=== DATA RECORDS ===
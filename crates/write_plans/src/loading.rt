ghost use Rattle.std.specs.Prelude.{◌≡◌, ◌≤◌, ◌<◌, ◌+◌, ◌^◌, ℕ, List, Err, All, true, false, length, fold, OnOk, OnErr};
ghost use Rattle.doc_values.specs.Weight.{weight_of};
ghost use Rattle.attr_catalog.specs.Catalog.{most_attributes};
ghost use Rattle.row_versions.specs.History.{most_versions};
ghost use Rattle.row_versions.specs.Order.{IsLatest};
ghost use Rattle.document_records.specs.Limits.{most_weight};
ghost use Rattle.document_records.specs.Pairs.{with_fields};
ghost use Rattle.document_records.specs.StoredDocument.{pairs_of};
ghost use Rattle.layout_store.specs.Documents.{most_fields};
ghost use Rattle.layout_store.specs.Shows.{ShowsTheSame};
ghost use Rattle.write_plans.specs.Collection.{with_documents, is_beyond};
ghost use Rattle.write_plans.specs.Becomes.{collection_in, IsSettled, HasBecome, StandsAsBefore};
ghost use Rattle.write_plans.specs.UnderWay.{CanBeTakenBack, AreAdded};

use doc_values::Documents;
use layout_store::{GrowFault, Layout};
use row_versions::{MOST_VERSIONS, latest_show, latest_stays, roll_backs_show};
use shown_rows::rows_follow_their_documents;

/// Loads documents into new rows at the commit that follows on so many, or leaves all as it was.
pub fn load(layout: &mut Layout, documents: &Documents, now: u64) -> Result<(), GrowFault>
    requires limits { All (λ document. length document ≤ most_fields) documents.now }
    requires light { All (λ document. weight_of document ≤ most_weight) documents.now }
    requires settled { IsSettled now layout.old }
    requires room { now + 1 < 2 ^ 64 }
    ensures ok { OnOk result (HasBecome (with_documents documents.now) now layout.old layout.new) }
    ensures within { OnOk result ((name : List ℕ) → is_beyond (with_documents documents.now (collection_in name layout.old now)) ≡ false) }
    ensures full { result ≡ Err GrowFault.Full → (name : List ℕ) → is_beyond (with_documents documents.now (collection_in name layout.old now)) ≡ true }
    ensures kept { OnErr result (StandsAsBefore layout.old layout.new) }
    ensures shows { OnErr result (ShowsTheSame layout.old layout.new) }
{
    rows_follow_their_documents();
    roll_backs_show();
    layout.keeps_the_rules();
    layout.versions().keeps_order();
    let versions = layout.versions().len() as usize;
    if documents.len() > MOST_VERSIONS - versions {
        return Err(GrowFault::Full);
    }
    let attributes = layout.catalog().len();
    match add_all(layout, documents, now + 1) {
        Ok(()) => Ok(()),
        Err(fault) => {
            layout.roll_back(now + 1, attributes);
            Err(fault)
        }
    }
}

// Adds a row for each document.
fn add_all(layout: &mut Layout, documents: &Documents, commit: u64) -> Result<(), GrowFault>
    requires limits { All (λ document. length document ≤ most_fields) documents.now }
    requires light { All (λ document. weight_of document ≤ most_weight) documents.now }
    requires latest { IsLatest commit layout.old.history.versions }
    requires room { length layout.old.history.versions + length documents.now ≤ most_versions }
    ensures undo { CanBeTakenBack commit layout.old layout.new }
    ensures ok { OnOk result (AreAdded commit documents.now (length documents.now) layout.old layout.new) }
    ensures within { OnOk result (length (fold with_fields (pairs_of layout.old.attributes) documents.now) ≤ most_attributes) }
    ensures full { result ≡ Err GrowFault.Full → most_attributes < length (fold with_fields (pairs_of layout.old.attributes) documents.now) }
{
    latest_show();
    latest_stays();
    roll_backs_show();
    for place in 0..documents.len() {
        let row = layout.versions().rows();
        layout.add_lent(row, &documents.get(place), commit)?;
    }
    layout.catalog().keeps_the_rules();
    Ok(())
}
===
WHAT TO WORK ON
Quote the data above from the line containing "layout.versions().keeps_order();" to the line containing "IsLatest commit layout.old.history.versions", inclusive, and stop.

SOLVED EXERCISE
    layout.versions().keeps_order();
    let versions = layout.versions().len() as usize;
    if documents.len() > MOST_VERSIONS - versions {
        return Err(GrowFault::Full);
    }
    let attributes = layout.catalog().len();
    match add_all(layout, documents, now + 1) {
        Ok(()) => Ok(()),
        Err(fault) => {
            layout.roll_back(now + 1, attributes);
            Err(fault)
        }
    }
}

// Adds a row for each document.
fn add_all(layout: &mut Layout, documents: &Documents, commit: u64) -> Result<(), GrowFault>
    requires limits { All (λ document. length document ≤ most_fields) documents.now }
    requires light { All (λ document. weight_of document ≤ most_weight) documents.now }
    requires latest { IsLatest commit layout.old.history.versions }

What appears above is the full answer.